• [What is expected] Reproduce all the entries, matching the original word for word.
>>>
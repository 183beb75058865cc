//! Worked queries with their lineage: tests alone, over the calls that are checked elsewhere.
#![tactic(auto)]

#[cfg(test)]
mod answers;
#[cfg(test)]
mod told;
#[cfg(test)]
mod worked;
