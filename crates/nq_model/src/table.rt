// Schemas, and cells of rows.
ghost use Rattle.std.specs.Prelude.{◌≡◌, IfOk};

use crate::list::List;
use crate::memory::Memory;
use crate::text::{Label, Text};
use std::alloc::Global;

/// The type of a column.
#[derive(Clone, Copy, Debug, PartialEq, Eq)]
pub enum ColumnType {
    Int,
    Bool,
    Text,
}

/// The name of a table, its columns in the order of the schema, and the columns of its key. An
/// empty key means that the table has none.
#[derive(Drop)]
pub struct TableShape {
    pub name: Label,
    pub columns: List<(Label, ColumnType)>,
    pub key: List<Label>,
}

/// The tables of a database, in the order in which they were written.
#[derive(Drop)]
pub struct Schema {
    pub tables: List<TableShape>,
}

/// One value of a row.
#[derive(Drop)]
pub enum Cell {
    Int(i64),
    Bool(bool),
    Text(Text),
}

impl Cell {
    /// A copy of the cell.
    pub fn copy(&self, alloc: Global) -> Result<Cell, Memory>
        ensures { IfOk result (λ copy. copy ≡ self.now) }
    {
        match self {
            Cell::Int(number) => Ok(Cell::Int(*number)),
            Cell::Bool(truth) => Ok(Cell::Bool(*truth)),
            Cell::Text(text) => Ok(Cell::Text(text.copy(alloc)?)),
        }
    }
}
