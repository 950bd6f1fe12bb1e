// A buffer of the caller as a page, and writers of one line each. They add it where there is room, which each asks for the length of its own line.
ghost use Rattle.std.specs.Prelude.{◌≡◌, ◌+◌, ◌*◌, ◌<◌, ◌≤◌, length};
ghost use Rattle.lines.specs.Lines.{line_of};
ghost use Rattle.listings.specs.Listings.{award_text, branch_line, money_text, point_line, segment_text, share_text};
ghost use Rattle.listings.specs.Pages.{Added};

use super::letters;
use book::Money;
use lines::write_line;

// A buffer of the caller, written from its start on up to an end.
#[derive(Drop)]
pub struct Page<'a> {
    pub buffer: &'a mut [u8],
    pub end: usize,
}

impl<'a> Page<'a> {
    // Adds a line that fits, which is never declined.
    fn add_line(&mut self, letter: u8, fields: &[u64])
        requires { self.old.end + length (line_of letter fields.now) ≤ length self.old.buffer.now }
        ensures { Added self.old self.new (line_of letter fields.now) }
    {
        if let Some(end) = write_line(self.buffer, self.end, letter, fields) {
            self.end = end;
        }
    }
}

// The day's point and its entry count.
#[tactic(auto, using(crate::proofs::Texts::two_long))]
pub fn write_point(page: &mut Page<'_>, posted: u8, entered: u32)
    requires { page.old.end + 44 ≤ length page.old.buffer.now }
    ensures { Added page.old page.new (point_line posted entered) }
{
    let fields = [u64::from(posted) + 1, u64::from(entered)];
    page.add_line(letters::POINT, &fields);
}

// Bid, quantity and price of a segment that sold something.
#[tactic(auto, using(crate::proofs::Texts::three_long, crate::proofs::Pages::added_none))]
pub fn write_segment(page: &mut Page<'_>, bid: u32, quantity: u32, price: u32)
    requires { page.old.end + 65 ≤ length page.old.buffer.now }
    ensures { Added page.old page.new (segment_text bid quantity price) }
{
    if quantity == 0 {
        return;
    }
    let fields = [u64::from(bid), u64::from(quantity), u64::from(price)];
    page.add_line(letters::SEGMENT, &fields);
}

// Unit, band and award of a place with an award.
#[tactic(auto, using(crate::proofs::Texts::award_long, crate::proofs::Pages::added_none))]
pub fn write_award(page: &mut Page<'_>, place: usize, award: u32)
    requires place { place < 256 }
    requires room { page.old.end + 18 ≤ length page.old.buffer.now }
    ensures { Added page.old page.new (award_text place award) }
{
    if award == 0 {
        return;
    }
    let fields = [(place / 4) as u64, (place % 4) as u64, u64::from(award)];
    page.add_line(letters::AWARD, &fields);
}

// A grid with a share, and its share.
#[tactic(auto, using(crate::proofs::Texts::two_long, crate::proofs::Pages::added_none))]
pub fn write_share(page: &mut Page<'_>, grid: usize, share: u32)
    requires { page.old.end + 44 ≤ length page.old.buffer.now }
    ensures { Added page.old page.new (share_text grid share) }
{
    if share == 0 {
        return;
    }
    let fields = [grid as u64, u64::from(share)];
    page.add_line(letters::SHARE, &fields);
}

// A grid or unit with money, and its money.
#[tactic(auto, using(crate::proofs::Texts::three_long, crate::proofs::Pages::added_none))]
pub fn write_money(page: &mut Page<'_>, letter: u8, who: u32, money: Money)
    requires { page.old.end + 65 ≤ length page.old.buffer.now }
    ensures { Added page.old page.new (money_text letter who (money.fen * 40 + money.fortieths)) }
{
    if money.fen == 0 && money.fortieths == 0 {
        return;
    }
    let fields = [u64::from(who), money.fen, money.fortieths];
    page.add_line(letter, &fields);
}

// The money of the branch.
#[tactic(auto, using(crate::proofs::Texts::two_long))]
pub fn write_branch(page: &mut Page<'_>, money: Money)
    requires { page.old.end + 44 ≤ length page.old.buffer.now }
    ensures { Added page.old page.new (branch_line (money.fen * 40 + money.fortieths)) }
{
    let fields = [money.fen, money.fortieths];
    page.add_line(letters::BRANCH, &fields);
}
<<<
• [Task answer]
repository 183beb75058865cc
//! Worked queries with their lineage: tests alone, over the calls that are checked elsewhere.
#![tactic(auto)]

#[cfg(test)]
mod answers;
#[cfg(test)]
mod told;
#[cfg(test)]
mod worked;
filename crates/nq_model/src/table.rt
// Schemas, and cells of rows.
ghost use Rattle.std.specs.Prelude.{◌≡◌, IfOk};

use crate::list::List;
use crate::memory::Memory;
use crate::text::{Label, Text};
use std::alloc::Global;

/// The type of a column.
#[derive(Clone, Copy, Debug, PartialEq, Eq)]
pub enum ColumnType {
    Int,
    Bool,
    Text,
}

/// The name of a table, its columns in the order of the schema, and the columns of its key. An
/// empty key means that the table has none.
#[derive(Drop)]
pub struct TableShape {
    pub name: Label,
    pub columns: List<(Label, ColumnType)>,
    pub key: List<Label>,
}

/// The tables of a database, in the order in which they were written.
#[derive(Drop)]
pub struct Schema {
    pub tables: List<TableShape>,
}

/// One value of a row.
#[derive(Drop)]
pub enum Cell {
    Int(i64),
    Bool(bool),
    Text(Text),
}

impl Cell {
    /// A copy of the cell.
    pub fn copy(&self, alloc: Global) -> Result<Cell, Memory>
        ensures { IfOk result (λ copy. copy ≡ self.now) }
    {
        match self {
            Cell::Int(number) => Ok(Cell::Int(*number)),
            Cell::Bool(truth) => Ok(Cell::Bool(*truth)),
            Cell::Text(text) => Ok(Cell::Text(text.copy(alloc)?)),
        }
    }
}
repository 950bd6f1fe12bb1e
// A buffer of the caller as a page, and writers of one line each. They add it where there is room, which each asks for the length of its own line.
ghost use Rattle.std.specs.Prelude.{◌≡◌, ◌+◌, ◌*◌, ◌<◌, ◌≤◌, length};
ghost use Rattle.lines.specs.Lines.{line_of};
ghost use Rattle.listings.specs.Listings.{award_text, branch_line, money_text, point_line, segment_text, share_text};
ghost use Rattle.listings.specs.Pages.{Added};

use super::letters;
use book::Money;
use lines::write_line;

// A buffer of the caller, written from its start on up to an end.
#[derive(Drop)]
pub struct Page<'a> {
    pub buffer: &'a mut [u8],
    pub end: usize,
}

impl<'a> Page<'a> {
    // Adds a line that fits, which is never declined.
    fn add_line(&mut self, letter: u8, fields: &[u64])
        requires { self.old.end + length (line_of letter fields.now) ≤ length self.old.buffer.now }
        ensures { Added self.old self.new (line_of letter fields.now) }
    {
        if let Some(end) = write_line(self.buffer, self.end, letter, fields) {
            self.end = end;
        }
    }
}

// The day's point and its entry count.
#[tactic(auto, using(crate::proofs::Texts::two_long))]
pub fn write_point(page: &mut Page<'_>, posted: u8, entered: u32)
    requires { page.old.end + 44 ≤ length page.old.buffer.now }
    ensures { Added page.old page.new (point_line posted entered) }
{
    let fields = [u64::from(posted) + 1, u64::from(entered)];
    page.add_line(letters::POINT, &fields);
}

// Bid, quantity and price of a segment that sold something.
#[tactic(auto, using(crate::proofs::Texts::three_long, crate::proofs::Pages::added_none))]
pub fn write_segment(page: &mut Page<'_>, bid: u32, quantity: u32, price: u32)
    requires { page.old.end + 65 ≤ length page.old.buffer.now }
    ensures { Added page.old page.new (segment_text bid quantity price) }
{
    if quantity == 0 {
        return;
    }
    let fields = [u64::from(bid), u64::from(quantity), u64::from(price)];
    page.add_line(letters::SEGMENT, &fields);
}

// Unit, band and award of a place with an award.
#[tactic(auto, using(crate::proofs::Texts::award_long, crate::proofs::Pages::added_none))]
pub fn write_award(page: &mut Page<'_>, place: usize, award: u32)
    requires place { place < 256 }
    requires room { page.old.end + 18 ≤ length page.old.buffer.now }
    ensures { Added page.old page.new (award_text place award) }
{
    if award == 0 {
        return;
    }
    let fields = [(place / 4) as u64, (place % 4) as u64, u64::from(award)];
    page.add_line(letters::AWARD, &fields);
}

// A grid with a share, and its share.
#[tactic(auto, using(crate::proofs::Texts::two_long, crate::proofs::Pages::added_none))]
pub fn write_share(page: &mut Page<'_>, grid: usize, share: u32)
    requires { page.old.end + 44 ≤ length page.old.buffer.now }
    ensures { Added page.old page.new (share_text grid share) }
{
    if share == 0 {
        return;
    }
    let fields = [grid as u64, u64::from(share)];
    page.add_line(letters::SHARE, &fields);
}

// A grid or unit with money, and its money.
#[tactic(auto, using(crate::proofs::Texts::three_long, crate::proofs::Pages::added_none))]
pub fn write_money(page: &mut Page<'_>, letter: u8, who: u32, money: Money)
    requires { page.old.end + 65 ≤ length page.old.buffer.now }
    ensures { Added page.old page.new (money_text letter who (money.fen * 40 + money.fortieths)) }
{
    if money.fen == 0 && money.fortieths == 0 {
        return;
    }
    let fields = [u64::from(who), money.fen, money.fortieths];
    page.add_line(letter, &fields);
}

// The money of the branch.
#[tactic(auto, using(crate::proofs::Texts::two_long))]
pub fn write_branch(page: &mut Page<'_>, money: Money)
    requires { page.old.end + 44 ≤ length page.old.buffer.now }
    ensures { Added page.old page.new (branch_line (money.fen * 40 + money.fortieths)) }
{
    let fields = [money.fen, money.fortieths];
    page.add_line(letters::BRANCH, &fields);
}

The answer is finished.